Encontrei uma estação que me pareceu bem localizada, com um excelente espaço envolvente e bem conservada.

Para começar nada melhor que colocar a localização desta, e para isso nada melhor que o site do próprio IM.








Agora sim... as fotos tiradas por mim.


----------



## Kraliv (6 Fev 2009 às 12:21)

Está assim um pouco desprotegida  ou é impressão minha???

Pela 1ª imagem parece estar num espaço de acesso público.


E parece-me ver aqueles tubos dos cabos, junto ao pé do mastro, assim um pouco virados para o céu ()

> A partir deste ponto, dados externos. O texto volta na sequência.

//! Laws of the splitting of a Verilog text.
ghost use Rattle.std.specs.Prelude.{◌⊎◌, ℕ, List, length};
ghost use Rattle.std.specs.List.{AllByRecursion};
ghost use Rattle.verilog_text.specs.VTokens.{NoVToken, Placed, VTokens};
ghost use Rattle.verilog_lex.specs.Splitting.{AreInOrder, HasItsForm};

/// A text splits into tokens, or it has a first place where no token begins.
pub fn each_text_splits_or_has_such_a_place()
    ensures { (text : List ℕ) → ((tokens : List Placed) × VTokens text tokens) ⊎ ((at : ℕ) × NoVToken text at) }
{}

/// Each token of a text has the form of its sort.
pub fn tokens_have_their_forms()
    ensures { (text : List ℕ) (tokens : List Placed) → VTokens text tokens → AllByRecursion HasItsForm tokens }
{}

/// The tokens of a text stand in it one behind the other.
pub fn tokens_in_order()
    ensures { (text : List ℕ) (tokens : List Placed) → VTokens text tokens → AreInOrder 0 (length text) tokens }
{}
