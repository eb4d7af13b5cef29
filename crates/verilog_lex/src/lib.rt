//! The lexer of Verilog texts: cuts a text into tokens, by the longest token at each place.
#![tactic(auto)]

mod front;
pub mod laws;
mod piece;
mod run;
mod splitting;
pub mod token;
mod words;

pub use splitting::lex;
pub use token::{Keyword, NoToken, Placed, Sign, Token};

Mas é fixe ir vendo umas fotos de "oficiais"...para tirar-mos idéias para as nossas montagens  e saber o que não fazer 


Já agora, que modelo de estação são uitlizadas nestas EMAs???


abraço


----------



## Mário Barros (6 Fev 2009 às 13:09)

Kraliv disse:


> Está assim um pouco desprotegida  ou é impressão minha???
> 
> Pela 1ª imagem parece estar num espaço de acesso público.



Fiquei com a mesma impressão


----------



## ac_cernax (6 Fev 2009 às 13:55)

Kraliv disse:


> Está assim um pouco desprotegida  ou é impressão minha???
> Pela 1ª imagem parece estar num espaço de acesso público.



É verdade, o que posso dizer é que não há qualquer tipo de vedação em volta da estação, ela encontra-se é dentro do recinto do Centro Ciência Viva da Floresta.


----------



## Daniel Vilão (6 Fev 2009 às 14:28)

Kraliv disse:


> Já agora, que modelo de estção são uitlizadas nestas EMAs???



São *Vaisala*; uma estação destas completa e a sua instalação andam por volta dos 15.000 €, de grosso modo.


----------



## Daniel Vilão (6 Fev 2009 às 15:06)

ac_cernax disse:


> É verdade, o que posso dizer é que não há qualquer tipo de vedação em volta da estação, ela encontra-se é dentro do recinto do Centro Ciência Viva da Floresta.



O que é bom saber é que ninguém a estraga; se estivesse em Lisboa já não devia estar inteira. 

Outra coisa que me espantou foi o facto de o chão ser de pedra; normalmente as estações estão sobre relvado, mas a zona deve ser arejada e não deve ter nenhuma influência perceptível a esse nível.


----------



## *Dave* (6 Fev 2009 às 15:41)

Não devia ter uma vedação?

Qualquer um pode ir lá e despejar uma garrafa de água no pluviometro .
Depois na central do IM,  "está a chover!"


----------



## ac_cernax (6 Fev 2009 às 18:50)

Daniel Vilão disse:


> O que é bom saber é que ninguém a estraga; se estivesse em Lisboa já não devia estar inteira.
> 
> Outra coisa que me espantou foi o facto de o chão ser de pedra; normalmente as estações estão sobre relvado, mas a zona deve ser arejada e não deve ter nenhuma influência perceptível a esse nível.



Até ver acho que não foi alvo de vandalismo, e esperamos que assim continue, mas todo o cuidado é pouco, mas acho que está fechado durante a noite. Quanto à zona, é arejada e fica a 400 metros de altitude, como disse junto a um aeródromo, onde se têm realizado também o SkySurf Pro Tour, isto como curiosidade.



*Dave* disse:


> Não devia ter uma vedação?
> 
> Qualquer um pode ir lá e despejar uma garrafa de água no pluviometro .
> Depois na central do IM,  "está a chover!"



Essa também é boa, mas com uma garrafa era logo considerado chuvas diluvianas.


----------